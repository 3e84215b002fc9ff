// Each refusal of the scheme tape at its place, at least two ways, and what is accepted beside it.
use crate::samples::{SMALL_KIOSK, read, repeated, verdict};
use scheme::step::Step;
use scheme::test::Test;
use std::test::Fail;

#[test]
fn small_kiosk_is_read(rt: HostRuntime) -> Result<(), Fail> {
    let scheme = read(&SMALL_KIOSK)?;
    let commands = scheme.commands();
    assert!(rt; commands.len() == 3);
    assert_eq!(rt; commands[0].params(), 3);
    assert_eq!(rt; commands[0].cards(), 3);
    assert_eq!(rt; commands[0].tests().len(), 2);
    assert_eq!(rt; commands[1].steps().len(), 2);
    assert!(rt;
        matches!(
            commands[0].tests().first(),
            Some(Test::Holds {
                right: 0,
                row: 0,
                column: 2
            })
        )
    );
    assert!(rt;
        matches!(
            commands[2].steps().first(),
            Some(Step::Destroy { parameter: 0 })
        )
    );
    Ok(())
}

#[test]
fn little_is_enough(rt: HostRuntime) {
    assert_eq!(rt; verdict(&[]), Ok(()));
    assert_eq!(rt; verdict(&[0x10, 1, 0, 0x1F]), Ok(()));
    // A parameter with itself.
    assert_eq!(rt;
        verdict(&[
            0x10, 1, 1, 0x20, 15, 0, 0, 0x23, 0, 3, 0, 0x30, 0, 0, 0, 0x1F,
        ]),
        Ok(())
    );
    // Null may be compared with.
    assert_eq!(rt;
        verdict(&[0x10, 1, 0, 0x21, 0, 0, 0xFF, 0x22, 0, 1, 0xFF, 0x1F]),
        Ok(())
    );
}

#[test]
fn long_tapes_are_refused_first(rt: HostRuntime) -> Result<(), Fail> {
    let longest = repeated(rt.alloc(), &[], &[0], 65535, &[])?;
    assert_eq!(rt; verdict(longest.as_slice()), Err((1, 2, 0)));
    let longer = repeated(rt.alloc(), &[], &[0], 65536, &[])?;
    assert_eq!(rt; verdict(longer.as_slice()), Err((1, 1, 65535)));
    // A lawful beginning does not help.
    let lawful = repeated(rt.alloc(), &SMALL_KIOSK, &[0], 65500, &[])?;
    assert_eq!(rt; verdict(lawful.as_slice()), Err((1, 1, 65535)));
    Ok(())
}

#[test]
fn no_order(rt: HostRuntime) {
    assert_eq!(rt; verdict(&[0x11]), Err((1, 2, 0)));
    assert_eq!(rt; verdict(&[0x10, 1]), Err((1, 2, 0)));
    assert_eq!(rt; verdict(&[0x10, 1, 0, 0x32, 0, 0]), Err((1, 2, 3)));
    // An order of another tape.
    assert_eq!(rt; verdict(&[0x10, 1, 0, 0x40, 0, 0, 0, 0, 0]), Err((1, 2, 3)));
}

#[test]
fn out_of_place(rt: HostRuntime) {
    assert_eq!(rt; verdict(&[0x1F]), Err((1, 3, 0)));
    assert_eq!(rt; verdict(&[0x10, 1, 0, 0x1F, 0x33, 0]), Err((1, 3, 4)));
    assert_eq!(rt; verdict(&[0x10, 1, 0, 0x10, 9, 9]), Err((1, 3, 3)));
    // A test after a step.
    assert_eq!(rt;
        verdict(&[0x10, 1, 1, 0x30, 0, 0, 0, 0x20, 0, 0, 0, 0x1F]),
        Err((1, 3, 7))
    );
    // The end inside a command.
    assert_eq!(rt; verdict(&[0x10, 1, 0]), Err((1, 3, 3)));
    assert_eq!(rt; verdict(&[0x10, 1, 0, 0x34, 0]), Err((1, 3, 5)));
}

#[test]
fn too_many(rt: HostRuntime) -> Result<(), Fail> {
    let heap = rt.alloc();
    let command = [0x10, 1, 0, 0x1F];
    assert_eq!(rt;
        verdict(repeated(heap, &[], &command, 16, &[])?.as_slice()),
        Ok(())
    );
    assert_eq!(rt;
        verdict(repeated(heap, &[], &command, 17, &[])?.as_slice()),
        Err((1, 4, 64))
    );
    let test = [0x21, 0, 0, 0];
    assert_eq!(rt;
        verdict(repeated(heap, &[0x10, 1, 0], &test, 16, &[0x1F])?.as_slice()),
        Ok(())
    );
    // Before its operands are looked at.
    assert_eq!(rt;
        verdict(repeated(heap, &[0x10, 1, 0], &test, 16, &[0x21, 9, 9, 9])?.as_slice()),
        Err((1, 4, 67))
    );
    let step = [0x31, 0, 0, 0];
    assert_eq!(rt;
        verdict(repeated(heap, &[0x10, 1, 1], &step, 16, &[0x1F])?.as_slice()),
        Ok(())
    );
    assert_eq!(rt;
        verdict(repeated(heap, &[0x10, 1, 1], &step, 16, &[0x34, 0])?.as_slice()),
        Err((1, 4, 67))
    );
    Ok(())
}

#[test]
fn out_of_range(rt: HostRuntime) {
    // Parameters and cards of a command.
    assert_eq!(rt; verdict(&[0x10, 0, 0]), Err((1, 5, 0)));
    assert_eq!(rt; verdict(&[0x10, 4, 0]), Err((1, 5, 0)));
    assert_eq!(rt; verdict(&[0x10, 2, 4]), Err((1, 5, 0)));
    assert_eq!(rt; verdict(&[0x10, 3, 7, 0x1F]), Ok(()));
    // A parameter, a right, an attribute.
    assert_eq!(rt; verdict(&[0x10, 2, 3, 0x20, 0, 0, 2]), Err((1, 5, 3)));
    assert_eq!(rt; verdict(&[0x10, 2, 3, 0x30, 16, 0, 1]), Err((1, 5, 3)));
    assert_eq!(rt; verdict(&[0x10, 2, 3, 0x23, 0, 4, 1]), Err((1, 5, 3)));
    assert_eq!(rt; verdict(&[0x10, 2, 3, 0x33, 2]), Err((1, 5, 3)));
}

#[test]
fn values_of_their_own_scale(rt: HostRuntime) {
    assert_eq!(rt; verdict(&[0x10, 1, 0, 0x32, 0, 0, 7, 0x1F]), Ok(()));
    assert_eq!(rt; verdict(&[0x10, 1, 0, 0x32, 0, 0, 8, 0x1F]), Err((1, 5, 3)));
    assert_eq!(rt; verdict(&[0x10, 1, 0, 0x32, 0, 1, 15, 0x1F]), Ok(()));
    assert_eq!(rt;
        verdict(&[0x10, 1, 0, 0x32, 0, 2, 16, 0x1F]),
        Err((1, 5, 3))
    );
    assert_eq!(rt; verdict(&[0x10, 1, 0, 0x21, 0, 3, 8, 0x1F]), Err((1, 5, 3)));
    assert_eq!(rt;
        verdict(&[0x10, 1, 0, 0x32, 0, 0, 0xFF, 0x1F]),
        Err((1, 5, 3))
    );
}

#[test]
fn rows_are_cards(rt: HostRuntime) {
    assert_eq!(rt; verdict(&[0x10, 2, 2, 0x20, 0, 0, 1]), Err((1, 6, 3)));
    assert_eq!(rt; verdict(&[0x10, 2, 1, 0x20, 0, 0, 1, 0x1F]), Ok(()));
    assert_eq!(rt; verdict(&[0x10, 2, 1, 0x30, 0, 1, 0]), Err((1, 6, 3)));
    assert_eq!(rt; verdict(&[0x10, 2, 0, 0x31, 0, 1, 1]), Err((1, 6, 3)));
}

#[test]
fn created_parameters(rt: HostRuntime) {
    // Named by a test, by a step, created twice.
    assert_eq!(rt;
        verdict(&[0x10, 1, 0, 0x21, 0, 0, 0, 0x33, 0]),
        Err((1, 6, 7))
    );
    assert_eq!(rt;
        verdict(&[0x10, 2, 3, 0x30, 0, 0, 1, 0x33, 1]),
        Err((1, 6, 7))
    );
    assert_eq!(rt; verdict(&[0x10, 1, 0, 0x33, 0, 0x33, 0]), Err((1, 6, 5)));
    // Destroyed.
    assert_eq!(rt; verdict(&[0x10, 1, 0, 0x33, 0, 0x34, 0]), Err((1, 6, 5)));
    // A created row has to be declared too.
    assert_eq!(rt;
        verdict(&[0x10, 2, 1, 0x33, 1, 0x30, 0, 1, 0]),
        Err((1, 6, 5))
    );
    assert_eq!(rt;
        verdict(&[0x10, 2, 3, 0x33, 1, 0x30, 0, 1, 0, 0x1F]),
        Ok(())
    );
}

#[test]
fn destroyed_parameters(rt: HostRuntime) {
    assert_eq!(rt; verdict(&[0x10, 1, 0, 0x34, 0, 0x34, 0]), Err((1, 6, 5)));
    assert_eq!(rt;
        verdict(&[0x10, 1, 0, 0x34, 0, 0x32, 0, 0, 1]),
        Err((1, 6, 5))
    );
    assert_eq!(rt;
        verdict(&[0x10, 2, 3, 0x34, 1, 0x31, 0, 0, 1]),
        Err((1, 6, 5))
    );
    assert_eq!(rt; verdict(&[0x10, 1, 0, 0x34, 0, 0x33, 0]), Err((1, 6, 5)));
    assert_eq!(rt;
        verdict(&[0x10, 2, 3, 0x34, 1, 0x31, 0, 0, 0, 0x1F]),
        Ok(())
    );
}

--- --- ---

• WORK ORDER:
Find the string "heap" in the listing and copy every line in which it occurs.

• ANSWER AREA:
    let heap = rt.alloc();
        verdict(repeated(heap, &[], &command, 16, &[])?.as_slice()),
        verdict(repeated(heap, &[], &command, 17, &[])?.as_slice()),
        verdict(repeated(heap, &[0x10, 1, 0], &test, 16, &[0x1F])?.as_slice()),
        verdict(repeated(heap, &[0x10, 1, 0], &test, 16, &[0x21, 9, 9, 9])?.as_slice()),
        verdict(repeated(heap, &[0x10, 1, 1], &step, 16, &[0x1F])?.as_slice()),
        verdict(repeated(heap, &[0x10, 1, 1], &step, 16, &[0x34, 0])?.as_slice()),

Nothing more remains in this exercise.